Archivio storico “Quei de san Bortol”

L’odore di sommossa era nell’aria, penetrava acre nelle narici. L’altra metà di cielo premeva impaziente. Maschi e femmine eravamo sempre rigorosamente divisi: in classe, in chiesa, all’oratorio, in colonia e persino sulla corriera in gita. Ma a noi, adolescenti nel ‘68, gli anni tra il 1965 e il 1970 portarono molta tempesta. Senza averla seminata. Troppo maledettamente piccoli per partecipare, ed anche per beneficiare dell’inebriante ventata di libertà. Scuola e famiglia, per reazione, s’irrigidirono. Ma almeno loro, i sessantottini duri e puri, conquistarono un posto nella storia, mentre noi cosa eravamo? È seccante essere i fratelli minori, i maggiori non fanno che impartirti lezioni. Minori, ma non minorati!

Sempre divisi; fu quasi scandaloso alle medie trovarsi in una classe dove metà alunne studiava tedesco e l’altra metà inglese. Così, due ore in settimana, ci ritrovavamo nella stessa aula, ovviamente in bancate divise, con la classe maschile corrispondente. Due ore sufficienti per creare grande scompiglio ormonale, tra spinte, spintoni e occhiate. Un intero arcobaleno di occhiate. Da pesce lesso, furtive, incantate, maliziose. Noi femmine li studiavamo a distanza, i maschi, senza farci scoprire e mostrando indifferenza se invece se ne accorgevano. Loro si facevano beccare subito. Era il professore a richiamarli a gran voce, spedendoli fuori dalla porta. Tra noi, né cameratismo né complicità. Come potevamo socializzare, se neanche da bambini eravamo abituati a coesistere? Cominciare nella pubertà era impresa ardua.

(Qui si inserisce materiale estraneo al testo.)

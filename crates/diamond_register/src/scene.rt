// A scene: a fresh register with the memory lent to it, at which steps are made as calls and printed in words with their replies.
use crate::diamond_order::DiamondOrder;
use crate::replies::{answered, ticked, value};
use crate::steps::{Action, Step};
use cells::value::Value;
use exclusive_rule::exclusive::Exclusive;
use jobs::memory::Memory;
use jobs::register::Register;
use register_parts::job_kind::JobKind;
use std::io;

#[derive(Drop)]
pub struct Scene<'a> {
    pub rt: HostRuntime,
    pub register: Register<DiamondOrder>,
    pub memory: Memory<'a, u32, Exclusive>,
    // The class that keeps silent.
    pub silent: Option<u8>,
}

impl Scene<'_> {
    // A part of the scene: its line, and its calls in turn, but for those of the class that keeps silent.
    pub fn part(&mut self, line: &str, steps: &[Step]) -> io::Result<()> {
        println!(self.rt; "  {line}")?;
        for step in steps {
            match *step {
                Step::Tick => ticked(self.rt, self.register.tick(&mut self.memory))?,
                Step::By(class, bay, action) => {
                    if self.silent != Some(class) {
                        self.act(class, bay, action)?
                    }
                }
            }
        }
        Ok(())
    }

    fn act(&mut self, class: u8, bay: u8, action: Action) -> io::Result<()> {
        let rt = self.rt;
        let register = &mut self.register;
        let memory = &mut self.memory;
        print!(rt; "    class {class}, bay {bay}: ")?;
        match action {
            Action::Begin => {
                print!(rt; "begin ")?;
                answered(
                    rt,
                    register.begin(memory, class, bay, u8::from(JobKind::Update)),
                )
            }
            Action::Read(other, item) => {
                print!(rt; "read of item {item} of class {other} ")?;
                value(rt, register.read(memory, class, bay, other, item))
            }
            Action::Write(item, value) => {
                print!(rt; "write of {value} to item {item} ")?;
                answered(rt, register.write(memory, class, bay, item, Some(value)))
            }
            Action::Commit => {
                print!(rt; "commit ")?;
                answered(rt, register.commit(memory, class, bay))
            }
        }
    }
}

Il professore applicava la strategia del terrore. I maschi - unico caso, a mia memoria, di loro svantaggio! - erano trafitti da voti irrimediabili. Uno o due, sia nei temi che nelle interrogazioni, dove per lo più facevano scena muta. Quando poi si rendeva conto che non solo non erano intimiditi dai suoi metodi, ma addirittura assumevano un’espressione strafottente, infieriva con offese ed epiteti indicibili. A casa erano increduli, quando raccontavamo quello che succedeva durante quelle ore. Donato, ragazzo di paese, alto e pieno di brufoli, ripetente più volte e alla sua ultima possibilità, perché poi lo avrebbero sbattuto fuori, si prendeva del “bovaro e nettacessi”. Uniche attività per le quali, quell’orribile professore diceva fosse portato.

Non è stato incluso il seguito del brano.